What you should do:
How many lines of the records below contain the word "account"? Answer with the number alone.

(Supplied material)

//! The actions of the command `edit`, with their words.

ghost use Rattle.std.specs.Prelude.{◌≡◌, Some, None, map, IfOk, IfErr};
ghost use Rattle.ss_words.specs.Refused.{AsksNothing};
ghost use Rattle.ss_words.specs.Actions.{new_in, bookmark_in, folder_in, separator_in, rename_in, move_in, delete_in};
ghost use Rattle.ss_words.specs.Actions.{action_named, action_in};

use crate::refusals::{Cause, WordsFault};
use crate::values::{copied, id_in};
use ss_text::{Id, Word};
use std::alloc::Global;

/// What is done to a device.
#[derive(Drop, Debug)]
pub enum Action {
    /// A new device; no input is read.
    New,
    Bookmark {
        parent: Id,
        id: Id,
        title: Word,
        uri: Word,
    },
    Folder {
        parent: Id,
        id: Id,
        title: Word,
    },
    Separator {
        parent: Id,
        id: Id,
    },
    Rename {
        id: Id,
        title: Word,
    },
    Move {
        id: Id,
        parent: Id,
    },
    Delete {
        id: Id,
    },
}

/// The refusal of a list of words that is too short, or too long.
pub(crate) fn wrong_count<'a>(words: &[&'a str], wanted: usize) -> WordsFault<'a>
    ensures { AsksNothing result }
{
    match words.get(wanted) {
        Some(word) => WordsFault::at(Cause::TooMany, word),
        None => WordsFault::missing(Cause::TooFew),
    }
}

fn bookmark_in<'a>(alloc: Global, words: &[&'a str]) -> Result<Action, WordsFault<'a>>
    ensures ok { IfOk result (λ action. bookmark_in (map (λ word. word.now) words.now) ≡ Some action) }
    ensures refused { IfErr result (λ fault. AsksNothing fault → bookmark_in (map (λ word. word.now) words.now) ≡ None) }
{
    match words {
        [parent, id, title, uri] => Ok(Action::Bookmark {
            parent: id_in(alloc, parent)?,
            id: id_in(alloc, id)?,
            title: copied(alloc, title)?,
            uri: copied(alloc, uri)?,
        }),
        _ => Err(wrong_count(words, 4)),
    }
}

fn folder_in<'a>(alloc: Global, words: &[&'a str]) -> Result<Action, WordsFault<'a>>
    ensures ok { IfOk result (λ action. folder_in (map (λ word. word.now) words.now) ≡ Some action) }
    ensures refused { IfErr result (λ fault. AsksNothing fault → folder_in (map (λ word. word.now) words.now) ≡ None) }
{
    match words {
        [parent, id, title] => Ok(Action::Folder {
            parent: id_in(alloc, parent)?,
            id: id_in(alloc, id)?,
            title: copied(alloc, title)?,
        }),
        _ => Err(wrong_count(words, 3)),
    }
}

fn separator_in<'a>(alloc: Global, words: &[&'a str]) -> Result<Action, WordsFault<'a>>
    ensures ok { IfOk result (λ action. separator_in (map (λ word. word.now) words.now) ≡ Some action) }
    ensures refused { IfErr result (λ fault. AsksNothing fault → separator_in (map (λ word. word.now) words.now) ≡ None) }
{
    match words {
        [parent, id] => Ok(Action::Separator {
            parent: id_in(alloc, parent)?,
            id: id_in(alloc, id)?,
        }),
        _ => Err(wrong_count(words, 2)),
    }
}

fn rename_in<'a>(alloc: Global, words: &[&'a str]) -> Result<Action, WordsFault<'a>>
    ensures ok { IfOk result (λ action. rename_in (map (λ word. word.now) words.now) ≡ Some action) }
    ensures refused { IfErr result (λ fault. AsksNothing fault → rename_in (map (λ word. word.now) words.now) ≡ None) }
{
    match words {
        [id, title] => Ok(Action::Rename {
            id: id_in(alloc, id)?,
            title: copied(alloc, title)?,
        }),
        _ => Err(wrong_count(words, 2)),
    }
}

fn move_in<'a>(alloc: Global, words: &[&'a str]) -> Result<Action, WordsFault<'a>>
    ensures ok { IfOk result (λ action. move_in (map (λ word. word.now) words.now) ≡ Some action) }
    ensures refused { IfErr result (λ fault. AsksNothing fault → move_in (map (λ word. word.now) words.now) ≡ None) }
{
    match words {
        [id, parent] => Ok(Action::Move {
            id: id_in(alloc, id)?,
            parent: id_in(alloc, parent)?,
        }),
        _ => Err(wrong_count(words, 2)),
    }
}

fn delete_in<'a>(alloc: Global, words: &[&'a str]) -> Result<Action, WordsFault<'a>>
    ensures ok { IfOk result (λ action. delete_in (map (λ word. word.now) words.now) ≡ Some action) }
    ensures refused { IfErr result (λ fault. AsksNothing fault → delete_in (map (λ word. word.now) words.now) ≡ None) }
{
    match words {
        [id] => Ok(Action::Delete {
            id: id_in(alloc, id)?,
        }),
        _ => Err(wrong_count(words, 1)),
    }
}

fn new_in<'a>(words: &[&'a str]) -> Result<Action, WordsFault<'a>>
    ensures ok { IfOk result (λ action. new_in (map (λ word. word.now) words.now) ≡ Some action) }
    ensures refused { IfErr result (λ fault. new_in (map (λ word. word.now) words.now) ≡ None) }
{
    match words {
        [] => Ok(Action::New),
        _ => Err(wrong_count(words, 0)),
    }
}

fn action_named<'a>(
    alloc: Global,
    name: &'a str,
    words: &[&'a str],
) -> Result<Action, WordsFault<'a>>
    ensures ok { IfOk result (λ action. action_named name.now (map (λ word. word.now) words.now) ≡ Some action) }
    ensures refused { IfErr result (λ fault. AsksNothing fault → action_named name.now (map (λ word. word.now) words.now)
        ≡ None) }
{
    match name {
        "new" => new_in(words),
        "bookmark" => bookmark_in(alloc, words),
        "folder" => folder_in(alloc, words),
        "separator" => separator_in(alloc, words),
        "rename" => rename_in(alloc, words),
        "move" => move_in(alloc, words),
        "delete" => delete_in(alloc, words),
        _ => Err(WordsFault::at(Cause::Action, name)),
    }
}

/// The action that the words behind `edit` name.
#[tactic(auto, unfolding(crate::specs::Actions::action_in))]
pub(crate) fn action_in<'a>(alloc: Global, words: &[&'a str]) -> Result<Action, WordsFault<'a>>
    ensures ok { IfOk result (λ action. action_in (map (λ word. word.now) words.now) ≡ Some action) }
    ensures refused { IfErr result (λ fault. AsksNothing fault → action_in (map (λ word. word.now) words.now) ≡ None) }
{
    match words {
        [] => Err(WordsFault::missing(Cause::TooFew)),
        [name, others @ ..] => action_named(alloc, name, others),
    }
}
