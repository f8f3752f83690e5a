//! The URL of an account, as a client is given it.

ghost use Rattle.std.specs.Prelude.{◌≡◌, option_map, Some, None, IfOk, IfErr, IfSome};
ghost use Rattle.url.specs.Parts.{Parts};
ghost use Rattle.ss_words.specs.Refused.{AsksNothing};
ghost use Rattle.ss_words.specs.Urls.{behind_version, without_slash, uid_in_path, server_in, server_of, HasHost};
ghost use Rattle.ss_route.specs.Targets.{uid_of};

use crate::refusals::{Cause, WordsFault};
use crate::values::{copied, read_uid};
use ss_text::Word;
use std::alloc::{AllocError, Global};
use url::{ParseError, Url};

/// The longest host, in bytes.
const LONGEST_HOST: usize = 1024;

/// A server, and an account of it.
#[derive(Drop, Debug)]
pub struct Server {
    pub uid: u32,

    /// As the URL Standard writes it.
    pub host: Word,
    pub port: u16,
}

/// What stands behind the version of the API in a path.
fn behind_version(path: &str) -> Option<&str>
    ensures { option_map (λ rest. rest.now) result ≡ behind_version path.now }
{
    path.strip_prefix("/1.5/")
}

/// A text without one slash at its end.
fn without_slash(text: &[u8]) -> &[u8]
    ensures { result.now ≡ without_slash text.now }
{
    match text {
        [front @ .., b'/'] => front,
        _ => text,
    }
}

/// The account of the path `/1.5/<uid>`, with or without a slash at its end.
fn uid_in_path(path: &str) -> Option<u32>
    ensures { result ≡ uid_in_path path.now }
{
    match behind_version(path) {
        Some(rest) => read_uid(without_slash(rest.as_bytes())),
        None => None,
    }
}

/// The server of a URL that was read.
fn server_in(alloc: Global, url: &Url) -> Result<Option<Server>, AllocError>
    ensures server { IfOk result (λ server. server ≡ server_in url.now) }
    ensures host { IfOk result (λ server. IfSome server HasHost) }
{
    let Some(host) = url.host_str() else {
        return Ok(None);
    };
    if url.scheme() != "http" || url.query().is_some() || host.len() > LONGEST_HOST {
        return Ok(None);
    }
    match uid_in_path(url.path()) {
        None => Ok(None),
        Some(uid) => Ok(Some(Server {
            uid,
            host: copied(alloc, host)?,
            port: url.port().unwrap_or(80),
        })),
    }
}

/// The server that a URL names.
#[tactic(auto, unfolding(crate::specs::Urls::server_of))]
pub(crate) fn read_server<'a>(alloc: Global, word: &'a str) -> Result<Server, WordsFault<'a>>
    ensures ok { IfOk result (λ server. server_of word.now ≡ Some server) }
    ensures host { IfOk result HasHost }
    ensures refused { IfErr result (λ fault. AsksNothing fault → server_of word.now ≡ None) }
{
    match Url::parse(alloc, word) {
        Ok(url) => match server_in(alloc, &url) {
            Ok(Some(server)) => Ok(server),
            Ok(None) => Err(WordsFault::at(Cause::Url, word)),
            Err(_) => Err(WordsFault::Memory),
        },
        Err(ParseError::OutOfMemory | ParseError::Overflow) => Err(WordsFault::Memory),
        Err(_) => Err(WordsFault::at(Cause::Url, word)),
    }
}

(End Supplied material)

Task solution:
3